When I started to train some neural network, it met the CUDA_ERROR_OUT_OF_MEMORY
but the training could go on without error. Because I wanted to use gpu memory
I faced this issue when trying to train model back to back. I figured that the GPU memory wasn't available due to previous training run.
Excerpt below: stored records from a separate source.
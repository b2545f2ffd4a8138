//! A completion that workers share.

ghost use Rattle.std.specs.Prelude.{◌≡◌, ◌≤◌, ◌<◌, length, All, IfErr, IfOk};
ghost use Rattle.kb_threads.specs.Shared.{AreNumbered, AreOverlaps, CountsEntry, EntersBatch, entered_by};

use crate::locked::Locked;
use crate::pass::Pass;
use crate::sharing::Sharing;
use kb_book::Book;
use kb_rules::Reducer;
use kb_share::{Found, enter_all};
use kb_word::Memory;
use std::alloc::Global;
use std::sync::ledger::{Blank, Share};
use std::sync::{Mutex, Wait};

/// The number that stands for whoever takes the book back.
const OWNER: u8 = 1;

/// A book under a lock, and a batch of overlaps to enter into it. Whenever the lock is got, nothing happened to the
/// completion that was given but that the first overlaps of the batch were entered, as many as the workers were told.
#[derive(Drop)]
pub struct Shared<R: Reducer, S: Sharing> {
    locked: Mutex<Locked<R, S>>,
    batch: Vec<Found>,
    ghost own: { batch.items ≡ S.batch },
}

impl<R: Reducer, S: Sharing> Shared<R, S> {
    /// Shares a book with workers, each of which gets a pass. They are numbered from 1 on. Where there is no memory for
    /// the passes, the book comes back.
    pub fn new(
        alloc: Global,
        book: Book<R>,
        batch: Vec<Found>,
        blank: Blank,
        workers: u8,
    ) -> Result<(Shared<R, S>, Vec<Pass<S>>), Book<R>>
        requires name { blank.name ≡ S.name }
        requires parts { (blank.parts ≡ S.parts) × (blank.parts ≡ workers) × (1 ≤ workers) }
        requires given { book.course ≡ S.given }
        requires batch { batch.items ≡ S.batch }
        requires overlaps { AreOverlaps S.given S.batch }
        ensures count { IfOk result (λ made. length made.1.items ≡ S.parts) }
        ensures none { IfOk result (λ made. All (λ pass. pass.entered ≡ 0) made.1.items) }
        ensures numbers { IfOk result (λ made. AreNumbered made.1.items) }
        ensures back { IfErr result (λ same. same ≡ book) }
    {
        let (entered, all) = blank.open::<S>();
        let Ok(passes) = passes_of(alloc, all, workers) else {
            return Err(book);
        };
        let locked = Mutex::new(Locked::new(book, entered));
        Ok((Shared { locked, batch }, passes))
    }

    /// Enters the next overlap of the batch for a worker, and tells whether one was left.
    pub fn enter<T: Wait>(&self, rt: &T, pass: &mut Pass<S>) -> Result<bool, Memory>
        ensures { CountsEntry pass.old pass.new result }
    {
        self.locked.lock(rt).enter(pass, &self.batch)
    }

    /// The book that was shared, by all its passes, with the whole batch entered: what no worker came to is entered
    /// now.
    pub fn finish(self, passes: Vec<Pass<S>>) -> Result<Book<R>, Memory>
        requires { (length passes.items ≡ S.parts) × (0 < S.parts) }
        ensures enters { IfOk result (λ after. EntersBatch S.given S.batch after.course) }
        ensures counted { entered_by passes.items ≤ length S.batch }
    {
        let mut all = gathered(passes);
        let Shared { locked, batch } = self;
        let (mut book, entered) = locked.into_inner().into_book(&mut all);
        enter_all(&mut book, OWNER, &batch[entered..])?;
        Ok(book)
    }
}

/// Passes of so many workers that have entered nothing, numbered from 1 on.
fn passes_of<S: Sharing>(
    alloc: Global,
    mut rest: Share<S>,
    workers: u8,
) -> Result<Vec<Pass<S>>, Memory>
    requires { (rest.parts ≡ workers) × (rest.amount ≡ 0) }
    ensures count { IfOk result (λ passes. length passes.items ≡ workers) }
    ensures none { IfOk result (λ passes. All (λ pass. pass.entered ≡ 0) passes.items) }
    ensures numbers { IfOk result (λ passes. AreNumbered passes.items) }
{
    let mut passes = Vec::new(alloc);
    for worker in 0..workers {
        passes.push(Pass::of(worker + 1, &mut rest))?;
    }
    Ok(passes)
}

/// All parts of these passes in one.
fn gathered<S: Sharing>(mut passes: Vec<Pass<S>>) -> Share<S>
    requires { 0 < length passes.items }
    ensures parts { result.parts ≡ length passes.items }
    ensures amount { result.amount ≡ entered_by passes.items }
{
    let Some(last) = passes.pop() else {
        unreachable!()
    };
    let mut all = last.into_share();
    while let Some(pass) = passes.pop() {
        all.merge(pass.into_share());
    }
    all
}
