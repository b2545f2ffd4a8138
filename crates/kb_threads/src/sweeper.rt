//! Workers sweep the versions of a book that another one settles meanwhile.

ghost use Rattle.std.specs.Prelude.{◌≡◌, ◌≤◌, IfOk, length};

use crate::desk::{Desk, Rows};
use kb_index::HasAutomaton;
use kb_io::{Gate, Point};
use kb_publish::{Edition, EditionReader, Ordered};
use kb_share::{Apart, Sieve, SieveSpace};
use kb_word::Memory;
use std::alloc::Global;
use std::sync::Wait;
use std::thread;
use std::thread::Threads;

/// A worker who sweeps what was published last. It looks at a version without a lock.
#[derive(Drop)]
pub(crate) struct Sweeper<R: HasAutomaton, N: Ordered> {
    worker: u32,
    reader: Option<EditionReader<R, N>>,
    space: SieveSpace,
    row: Vec<Apart>,
    found: Vec<Apart>,
}

impl<R: HasAutomaton, N: Ordered> Sweeper<R, N> {
    /// A worker with this number, who looks through this reader.
    pub(crate) fn new(alloc: Global, worker: u32, reader: EditionReader<R, N>) -> Sweeper<R, N> {
        Sweeper {
            worker,
            reader: Some(reader),
            space: SieveSpace::new(alloc),
            row: Vec::new(alloc),
            found: Vec::new(alloc),
        }
    }

    /// Sweeps rows until there won't be any more.
    pub(crate) fn sweep_to_end<G: Gate, T: Wait>(
        &mut self,
        rt: &T,
        alloc: Global,
        desk: &Desk,
        gate: &G,
    ) {
        for _ in rt.forever() {
            let Some(rows) = desk.next(rt) else {
                return;
            };
            self.sweep(rt, alloc, desk, gate, rows);
        }
    }

    /// Sweeps the rows that nobody has taken yet.
    pub(crate) fn sweep_rest<G: Gate, T: Wait>(
        &mut self,
        rt: &T,
        alloc: Global,
        desk: &Desk,
        gate: &G,
    ) {
        for _ in rt.forever() {
            let Some(rows) = desk.rest(rt) else {
                return;
            };
            self.sweep(rt, alloc, desk, gate, rows);
        }
    }

    /// Sweeps some rows, and brings back what was found in them.
    fn sweep<G: Gate, T: Wait>(
        &mut self,
        rt: &T,
        alloc: Global,
        desk: &Desk,
        gate: &G,
        rows: Rows,
    ) {
        gate.at(self.worker, Point::Sift);
        self.found.clear();
        let swept = self.look(alloc, rows);
        desk.bring(rt, &self.found, swept);
    }

    /// Looks at the version that was published last, and sifts some of its rows. Where the look is refused, nothing is
    /// found in them.
    fn look(&mut self, alloc: Global, rows: Rows) -> Result<(), Memory> {
        let Some(reader) = self.reader.take() else {
            return Ok(());
        };
        match reader.look() {
            Ok(look) => {
                let swept = self.sift(alloc, look.version(), rows);
                self.reader = Some(look.leave());
                swept
            }
            Err(reader) => {
                self.reader = Some(reader);
                Ok(())
            }
        }
    }

    /// Sifts some rows of a version.
    fn sift(&mut self, alloc: Global, edition: &Edition<R, N>, rows: Rows) -> Result<(), Memory> {
        let version = edition.version();
        let end = rows.rows.end.min(version.rules().len());
        let sieve = Sieve::of(alloc, version)?;
        for index in rows.rows.start..end {
            sieve.sift_row(index, rows.from, &mut self.space, &mut self.row)?;
            self.found.extend_from_slice(&self.row)?;
        }
        Ok(())
    }
}

/// A worker for each of these readers, numbered from 1 on.
pub(crate) fn sweepers_of<R: HasAutomaton, N: Ordered>(
    alloc: Global,
    readers: Vec<EditionReader<R, N>>,
) -> Result<Vec<Sweeper<R, N>>, Memory>
    requires { length readers.items ≤ 64 }
    ensures { IfOk result (λ sweepers. length sweepers.items ≡ length readers.items) }
{
    let mut sweepers = Vec::with_capacity(alloc, readers.len())?;
    for reader in readers {
        let worker = sweepers.len() as u32 + 1;
        sweepers.push(Sweeper::new(alloc, worker, reader))?;
    }
    Ok(sweepers)
}

/// Each of these workers sweeps rows in a thread, until there won't be any more. Where there is no memory for threads,
/// nobody does: who settles sweeps what is left.
pub(crate) fn sweep_all<
    R: HasAutomaton + Send + Sync,
    N: Ordered + Send + Sync,
    G: Gate,
    T: Threads + Wait + Sync,
>(rt: &T, alloc: Global, desk: &Desk, gate: &G, sweepers: Vec<Sweeper<R, N>>) {
    let each = |mut sweeper: Sweeper<R, N>| sweeper.sweep_to_end(rt, alloc, desk, gate);
    let _done = thread::map_vec(rt, sweepers, &each);
}
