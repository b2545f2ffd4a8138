//! What a pass comes to.

use kb_book::Book;
use kb_rules::Reducer;

/// What a pass came to.
#[derive(Drop)]
pub enum Passed<R: Reducer> {
    /// Overlaps that are apart were entered.
    Entered(Book<R>),
    /// No overlap is apart: the live rules are confluent, and the book is as it was.
    Confluent(Book<R>),
}
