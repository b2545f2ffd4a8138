//! What lies under the lock.

ghost use Rattle.std.specs.Prelude.{◌≡◌, ◌+◌, OnErr, OnOk};
ghost use Rattle.kb_machine.specs.Course.{Takes};
ghost use Rattle.kb_share.specs.Passes.{IsOverlapOfLines, entry_of};
ghost use Rattle.kb_threads.specs.Shared.{AreOverlaps, CountsEntry, IsStageOf};

use crate::pass::Pass;
use crate::sharing::Sharing;
use kb_book::{Book, EnterFault};
use kb_rules::Reducer;
use kb_share::Found;
use kb_word::Memory;
use std::marker::Model;
use std::sync::ledger;

/// A book that workers share. It is the completion that was given to them, into which the first overlaps of the batch
/// were entered: as many as they were told.
#[derive(Drop)]
pub(crate) struct Locked<R: Reducer, S: Sharing> {
    book: Book<R>,
    /// The place of the next overlap in the batch.
    next: usize,
    entered: ledger::Book<S>,
}

impl<R: Reducer, S: Sharing> Model for Locked<R, S> {
    ghost use Rattle.std.specs.Prelude.{◌≡◌};
    ghost use Rattle.kb_threads.specs.Shared.{LockedParts, IsStageOf};

    ghost Value = { LockedParts };

    ghost view = { λ locked. record { course = locked.book.course; entered = locked.next } };

    ghost invariant = { λ locked. (locked.entered.total ≡ locked.next)
        × IsStageOf S.given S.batch (record { course = locked.book.course; entered = locked.next }) };
}

impl<R: Reducer, S: Sharing> Locked<R, S> {
    /// The book that is given to the workers.
    pub(crate) fn new(book: Book<R>, entered: ledger::Book<S>) -> Locked<R, S>
        requires given { book.course ≡ S.given }
        requires overlaps { AreOverlaps S.given S.batch }
        requires none { entered.total ≡ 0 }
    {
        Locked {
            book,
            next: 0,
            entered,
        }
    }

    /// Enters the next overlap of the batch for a worker, and tells whether one was left.
    pub(crate) fn enter(&mut self, pass: &mut Pass<S>, batch: &[Found]) -> Result<bool, Memory>
        requires { batch.now ≡ S.batch }
        ensures { CountsEntry pass.old pass.new result }
    {
        let Locked {
            book,
            next,
            entered,
        } = self;
        let Some(one) = batch.get(*next) else {
            return Ok(false);
        };
        enter_counted(book, entered, pass, one)?;
        *next += 1;
        Ok(true)
    }

    /// The book, and how many overlaps its workers entered.
    pub(crate) fn into_book(self, all: &mut ledger::Share<S>) -> (Book<R>, usize)
        requires { all.old.parts ≡ S.parts }
        ensures stage { IsStageOf S.given S.batch
            (record { course = result.0.course; entered = result.1 }) }
        ensures count { result.1 ≡ all.old.amount }
    {
        let Locked {
            book,
            next,
            mut entered,
        } = self;
        entered.audit(all);
        (book, next)
    }
}

/// Enters an overlap into a book for a worker, and counts it.
fn enter_counted<R: Reducer, S: Sharing>(
    book: &mut Book<R>,
    entered: &mut ledger::Book<S>,
    pass: &mut Pass<S>,
    one: &Found,
) -> Result<(), Memory>
    requires { IsOverlapOfLines book.old.course.state one.now }
    ensures ok { OnOk result (Takes (entry_of pass.old.worker one.now) book.old.course book.new.course) }
    ensures err { OnErr result (book.new.course ≡ book.old.course) }
    ensures counts { OnOk result (pass.new ≡ record pass.old { entered = pass.old.entered + 1 }) }
    ensures same { OnErr result (pass.new ≡ pass.old) }
    ensures total { OnOk result (entered.new.total ≡ entered.old.total + 1) }
    ensures none { OnErr result (entered.new.total ≡ entered.old.total) }
{
    match book.enter(pass.worker(), one.first, one.second, one.place) {
        Ok(()) => {
            pass.note_entry(entered);
            Ok(())
        }
        Err(EnterFault::NotOverlap) => unreachable!(),
        Err(EnterFault::Memory) => Err(Memory),
    }
}
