//! Where the rows of a version are handed out while its book is settled further.

use kb_share::Apart;
use kb_word::Memory;
use std::alloc::Global;
use std::mem;
use std::ops::Range;
use std::sync::{Condvar, Mutex, Wait};

/// A worker takes so many rows at a time.
const ROWS: usize = 32;

/// The rows of the version that was published last, of which workers take some at a time, and what they found in them.
/// Who finds nothing to take waits until something changes.
#[derive(Drop)]
pub(crate) struct Desk {
    state: Mutex<Sweep>,
    changed: Condvar,
}

/// How far the sweep of a version has come.
#[derive(Drop)]
struct Sweep {
    /// The rows that nobody has taken yet.
    rows: Range<usize>,
    /// Lines from this number on are new.
    from: u64,
    /// How many workers have rows in hand.
    in_hand: usize,
    found: Vec<Apart>,
    /// Whether memory ran out in a worker's hands.
    failed: bool,
    /// Whether there will be no further sweep.
    over: bool,
}

/// Some rows, in which overlaps are sifted of which one line has the number `from` or a later one.
#[derive(Drop)]
pub(crate) struct Rows {
    pub rows: Range<usize>,
    pub from: u64,
}

impl Desk {
    /// A desk with no rows.
    pub(crate) fn new(alloc: Global) -> Desk {
        Desk {
            state: Mutex::new(Sweep {
                rows: 0..0,
                from: 0,
                in_hand: 0,
                found: Vec::new(alloc),
                failed: false,
                over: false,
            }),
            changed: Condvar::new(),
        }
    }

    /// Hands out the rows of a version that was published, so many.
    pub(crate) fn begin<T: Wait>(&self, rt: &T, rows: usize, from: u64) {
        let mut sweep = self.state.lock(rt);
        sweep.rows = 0..rows;
        sweep.from = from;
        drop(sweep);
        self.changed.notify_all();
    }

    /// No rows will be handed out any more.
    pub(crate) fn close<T: Wait>(&self, rt: &T) {
        self.state.lock(rt).over = true;
        self.changed.notify_all();
    }

    /// The next rows, for which it waits, or none where there won't be any more.
    pub(crate) fn next<T: Wait>(&self, rt: &T) -> Option<Rows> {
        let mut sweep = self
            .changed
            .wait_while(rt, self.state.lock(rt), |sweep| sweep.waits());
        sweep.take()
    }

    /// Some of the rows that nobody has taken yet, if there are any.
    pub(crate) fn rest<T: Wait>(&self, rt: &T) -> Option<Rows> {
        self.state.lock(rt).take()
    }

    /// Brings back what was found in rows that were taken, or that memory ran out.
    pub(crate) fn bring<T: Wait>(&self, rt: &T, found: &[Apart], swept: Result<(), Memory>) {
        let mut sweep = self.state.lock(rt);
        sweep.bring(found, swept);
        drop(sweep);
        self.changed.notify_all();
    }

    /// What was found in all rows, for which it waits.
    pub(crate) fn all_found<T: Wait>(&self, rt: &T, alloc: Global) -> Result<Vec<Apart>, Memory> {
        let mut sweep = self
            .changed
            .wait_while(rt, self.state.lock(rt), |sweep| sweep.is_in_hand());
        if sweep.failed {
            return Err(Memory);
        }
        Ok(mem::replace(&mut sweep.found, Vec::new(alloc)))
    }
}

impl Sweep {
    /// Whether a worker has to wait for rows.
    fn waits(&self) -> bool {
        !self.over && self.rows.is_empty()
    }

    /// Whether somebody has rows in hand.
    fn is_in_hand(&self) -> bool {
        self.in_hand > 0
    }

    /// Takes some of the rows that nobody has taken yet.
    fn take(&mut self) -> Option<Rows> {
        if self.rows.is_empty() {
            return None;
        }
        let begin = self.rows.start;
        let end = begin.saturating_add(ROWS).min(self.rows.end);
        self.rows = end..self.rows.end;
        self.in_hand = self.in_hand.saturating_add(1);
        Some(Rows {
            rows: begin..end,
            from: self.from,
        })
    }

    /// Adds what was found in rows that were taken.
    fn bring(&mut self, found: &[Apart], swept: Result<(), Memory>) {
        self.in_hand = self.in_hand.saturating_sub(1);
        if swept.is_err() || self.found.extend_from_slice(found).is_err() {
            self.failed = true;
        }
    }
}
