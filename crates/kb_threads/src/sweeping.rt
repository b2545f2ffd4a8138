//! Workers sift the rows of a version, which they draw.

ghost use Rattle.std.specs.Prelude.{◌≡◌, ◌≤◌, ◌^◌, [], All, IfOk, IsTrue, length};
ghost use Rattle.kb_threads.specs.Sweeps.{RowsAreJoined};

use kb_draw::{Crew, Work, share_out};
use kb_index::HasAutomaton;
use kb_io::{Gate, Point};
use kb_share::{Apart, Sieve, SieveSpace, Version, Waiting};
use kb_word::Memory;
use std::alloc::Global;
use std::sync::Wait;
use std::thread::Threads;

/// So many rows of a version. Of each the prime overlaps are sifted of which one line has the number `from` or a later
/// one.
#[derive(Drop)]
struct Rows<'b, R: HasAutomaton, G: Gate> {
    sieve: Sieve<'b, R>,
    rows: u64,
    from: u64,
    gate: &'b G,
    ghost all: { rows ≡ length sieve.rules },
    ghost few: { rows ≤ 2 ^ 62 },
}

/// What a worker found in the rows that it took.
#[derive(Drop)]
struct Sifted {
    worker: u32,
    space: SieveSpace,
    row: Vec<Apart>,
    found: Vec<Apart>,
}

/// A part is a row.
impl<'b, R: HasAutomaton, G: Gate> Work for Rows<'b, R, G> {
    ghost use Rattle.std.specs.Prelude.{◌≡◌, []};
    ghost use Rattle.kb_share.specs.Primes.{PrimesOfRowAreJoined};

    type Share = Sifted;

    ghost parts = { λ rows. rows.rows };

    ghost sound = { λ rows share. Unit {0} };

    ghost done = { λ rows share row. rows.from ≡ 0 → share.found.items ≡ []
        → PrimesOfRowAreJoined rows.sieve.rules row };

    fn parts(&self) -> u64 {
        self.rows
    }

    fn begin(&self, alloc: Global, worker: u32) -> Result<Sifted, Memory> {
        Ok(Sifted {
            worker,
            space: SieveSpace::new(alloc),
            row: Vec::new(alloc),
            found: Vec::new(alloc),
        })
    }

    fn take(&self, row: u64, share: &mut Sifted) -> Result<(), Memory> {
        self.gate.at(share.worker, Point::Sift);
        let Sifted {
            space,
            row: of_row,
            found,
            ..
        } = share;
        self.sieve.sift_row(row as usize, self.from, space, of_row)?;
        found.extend_from_slice(of_row)?;
        Ok(())
    }
}

/// Workers sift the prime overlaps of a version of which one line has the number `from` or a later one. Those that are
/// apart wait from then on. Whether nothing is apart.
pub(crate) fn sweep<R: HasAutomaton + Sync, G: Gate, T: Threads + Wait + Sync>(
    rt: &T,
    alloc: Global,
    version: Version<'_, R>,
    from: u64,
    waiting: &mut Waiting,
    crew: &Crew<'_, G>,
) -> Result<bool, Memory>
    ensures { IfOk result (λ none. from ≡ 0 → IsTrue none → RowsAreJoined version.entry.rules) }
{
    let rows = version.numbers().len() as u64;
    let sieve = Sieve::of(alloc, version)?;
    let gate = crew.gate();
    let rows = Rows {
        sieve,
        rows,
        from,
        gate,
    };
    let shares = share_out(rt, alloc, &rows, crew)?;
    add_found(&shares, waiting)?;
    waiting.thin(alloc)?;
    Ok(nothing_found(&shares))
}

/// What the workers found waits from now on.
fn add_found(shares: &[Sifted], waiting: &mut Waiting) -> Result<(), Memory> {
    for share in shares {
        waiting.add_all(&share.found)?;
    }
    Ok(())
}

/// Whether no worker found anything.
fn nothing_found(shares: &[Sifted]) -> bool
    ensures { IsTrue result → All (λ share. share.found.items ≡ []) shares.now }
{
    shares.iter().all(|share| share.found.is_empty())
}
So I found the easiest way would be to manually flush the GPU memory before every next training.
Use nvidia-smi to check the GPU memory usage:
nvidia-smi
nvidia-smi --gpu-reset
The above command may not work if other processes are actively using the GPU.
Alternatively you can use the following command to list all the processes that are using GPU:
sudo fuser -v /dev/nvidia*
And the output should look like this:
USER PID ACCESS COMMAND
/dev/nvidia0: root 2216 F...m Xorg
sid 6114 F...m krunner
sid 6116 F...m plasmashell
sid 7227 F...m akonadi_archive
sid 7239 F...m akonadi_mailfil
sid 7249 F...m akonadi_sendlat
sid 18120 F...m chrome
sid 18163 F...m chrome
sid 24154 F...m code
/dev/nvidiactl: root 2216 F...m Xorg
sid 6114 F...m krunner
sid 6116 F...m plasmashell
sid 7227 F...m akonadi_archive
sid 7239 F...m akonadi_mailfil
sid 7249 F...m akonadi_sendlat
sid 18120 F...m chrome
sid 18163 F...m chrome
sid 24154 F...m code
/dev/nvidia-modeset: root 2216 F.... Xorg
sid 6114 F.... krunner
sid 6116 F.... plasmashell
sid 7227 F.... akonadi_archive
sid 7239 F.... akonadi_mailfil
sid 7249 F.... akonadi_sendlat
sid 18120 F.... chrome
sid 18163 F.... chrome
sid 24154 F.... code
From here, I got the PID for the process which was holding the GPU memory, which in my case is 24154.
Use the following command to kill the process by its PID:
sudo kill -9 MY_PID
Replace MY_PID with the relevant PID.